Born in Winnipeg, Manitoba, Waters enlisted in the Canadian Army in 1941, and chose to remain in the military after the war. He rose steadily through the ranks, and ended his career as a Lieutenant-General and Commander of the Canadian Forces Mobile Command (1973-75). In 1975, he joined Mannix organization at Calgary, becoming president of Loram Group, a subsidiary of the parent company. He was a co-founder of the Bowfort Group of Companies, which engage in farming, real estate and investment operations throughout Western Canada. He held a variety of executive positions until his retirement from business in 1989.
Stan Waters was also keenly interested in Canadian politics. In 1987, Waters became a founding member of Preston Manning's Reform Party of Canada. While Waters did not choose to participate as a Reform Party candidate in the federal election of 1988, he was seen as one of the party's most popular early spokesmen and policy communicators, speaking at numerous party rallies and events from 1987 to 1991.
In 1989, under strain from the troubling and complex wrangling surrounding the Meech Lake Accord and constitutional amendment talks, Alberta Premier Don Getty called for a Senate election.

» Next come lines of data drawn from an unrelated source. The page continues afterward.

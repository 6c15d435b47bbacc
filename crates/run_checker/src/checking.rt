//! Whether moves are a run, and what they show.

ghost use Rattle.std.specs.Prelude.{◌≡◌, ◌<◌, ◌+◌, ◌^◌, ◌++◌, IfErr, IfOk, OnOk, length};
ghost use Rattle.nesc_core.specs.View.{program_of};
ghost use Rattle.nesc_core.specs.WellFormed.{IsWellFormed};
ghost use Rattle.core_meaning.specs.SourceOf.{source_of};
ghost use Rattle.run_meaning.specs.Runs as meaning;
ghost use Rattle.run_meaning.specs.State as runs;
ghost use Rattle.run_checker.specs.Checking.{IsNoMove, IsTaken, IsWhy};
ghost use Rattle.run_checker.specs.States.{AreKnown, state_of};
ghost use Rattle.run_checker.specs.declared.run_fault.RunFault.TheVariants as fault;

use crate::legal::is_legal;
use crate::moving::{go, shown};
use crate::run_fault::RunFault;
use crate::state::{RunState, start};
use mote_devices::{BoardState, Shown};
use nesc_core::Program;
use nm_base::NoMemory;
use run_meaning::Move;
use std::alloc::Global;

/// What these moves of a program show from this board, where they are a run of it; else the first of them that is not legal
/// after those before it.
///
/// What a body does is computed anew for each answer that it gets, in time linear in what it did so far.
pub fn check_run(
    alloc: Global,
    p: &Program,
    board: &BoardState,
    moves: &[Move],
) -> Result<Vec<Shown>, RunFault>
    requires formed { IsWellFormed (program_of p.now) }
    requires few { length moves.now < 2 ^ 32 }
    ensures run { IfOk result (λ _. meaning.IsRun (source_of (program_of p.now)) board.now moves.now) }
    ensures shown { IfOk result (λ events. events.items ≡ meaning.shown_by (source_of (program_of p.now)) (runs.start (source_of (program_of p.now)) board.now) moves.now) }
    ensures refused { IfErr result (λ e. IsWhy (program_of p.now) board.now moves.now e) }
{
    let turns = moves.len() as u32;
    let mut r = started(alloc, p, board, turns)?;
    let mut events = Vec::new(alloc);
    for k in 0..turns {
        take(alloc, p, turns, k, &mut r, moves[k as usize], &mut events)?;
    }
    Ok(events)
}

fn started(alloc: Global, p: &Program, board: &BoardState, turns: u32) -> Result<RunState, RunFault>
    requires { IsWellFormed (program_of p.now) }
    ensures state { IfOk result (λ r. state_of r ≡ runs.start (source_of (program_of p.now)) board.now) }
    ensures known { IfOk result (λ r. AreKnown (program_of p.now) turns 0 r) }
    ensures refused { IfErr result (λ e. e ≡ fault.NoMemory) }
{
    match start(alloc, p, board, turns) {
        Ok(r) => Ok(r),
        Err(NoMemory) => Err(RunFault::NoMemory),
    }
}

// Shows and does a legal move.
fn move_on(
    alloc: Global,
    p: &Program,
    turns: u32,
    k: u32,
    r: &mut RunState,
    m: Move,
    events: &mut Vec<Shown>,
) -> Result<(), NoMemory>
    requires formed { IsWellFormed (program_of p.now) }
    requires known { AreKnown (program_of p.now) turns k r.old }
    requires few { k < turns }
    requires legal { meaning.LegalThere (source_of (program_of p.now)) (state_of r.old) m }
    ensures shown { OnOk result (events.new.items ≡ events.old.items ++ meaning.shown_of (state_of r.old) m) }
    ensures state { OnOk result (state_of r.new ≡ meaning.after (source_of (program_of p.now)) (state_of r.old) m) }
    ensures known { OnOk result (AreKnown (program_of p.now) turns (k + 1) r.new) }
{
    if let Some(event) = shown(r, m) {
        events.push(event)?;
    }
    go(alloc, p, turns, k, r, m)
}

// Shows and does a move, where it is legal.
fn take(
    alloc: Global,
    p: &Program,
    turns: u32,
    k: u32,
    r: &mut RunState,
    m: Move,
    events: &mut Vec<Shown>,
) -> Result<(), RunFault>
    requires formed { IsWellFormed (program_of p.now) }
    requires known { AreKnown (program_of p.now) turns k r.old }
    requires few { k < turns }
    ensures taken { OnOk result (IsTaken (source_of (program_of p.now)) m (state_of r.old) (state_of r.new) events.old.items events.new.items) }
    ensures known { OnOk result (AreKnown (program_of p.now) turns (k + 1) r.new) }
    ensures refused { IfErr result (λ e. IsNoMove (source_of (program_of p.now)) (state_of r.old) m k e) }
{
    if !is_legal(p, turns, k, r, m) {
        return Err(RunFault::BadMove(k));
    }
    match move_on(alloc, p, turns, k, r, m, events) {
        Ok(()) => Ok(()),
        Err(NoMemory) => Err(RunFault::NoMemory),
    }
}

Stan Waters came forward as the Reform Party candidate for the open Alberta Senate seat. On October 16, 1989, he received 41.7% of the more than 620,000 votes cast by Albertans in his bid to go to Ottawa as the first elected Senator in the country's history. He represented the senate division of Alberta. Pressured by Getty and Reform, with Deborah Grey promising that if "we don't get this seat, we'll get 10 in the next election", Prime Minister Brian Mulroney agreed to appoint Waters to the Canadian Senate.

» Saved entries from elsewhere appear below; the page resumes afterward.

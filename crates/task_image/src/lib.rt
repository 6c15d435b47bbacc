//! Images of nesC programs with tasks: the mote does what the source does.
#![tactic(auto)]

mod law;

pub use law::{lean_images_run, task_code_stands, task_images_run};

On June 11, 1990, Stan Waters was sworn in as Canada's first democratically elected Senator. He was also the first and only representative of the Reform Party in the Upper House. During his year-long tenure as a Senator, Waters spoke for Western Canadian and conservative values. He pushed for an end to official bilingualism, urged health care reform, opposed federal funding grants to artists and fervently pushed the Mulroney Government to adopt a "Triple-E Senate" (Elected, Effective and Equal) during the constitutional debates of 1990-91.
In September 1991, Waters died. When the federal Liberal Party was returned to power in the 1993 election under party leader Jean Chrétien, Senate reform was all but abandoned. Chrétien and his successor, Paul Martin, did not appoint to the Senate candidates elected by Albertans in 1998 and 2004, citing the fact that the elections are outside of jurisdiction.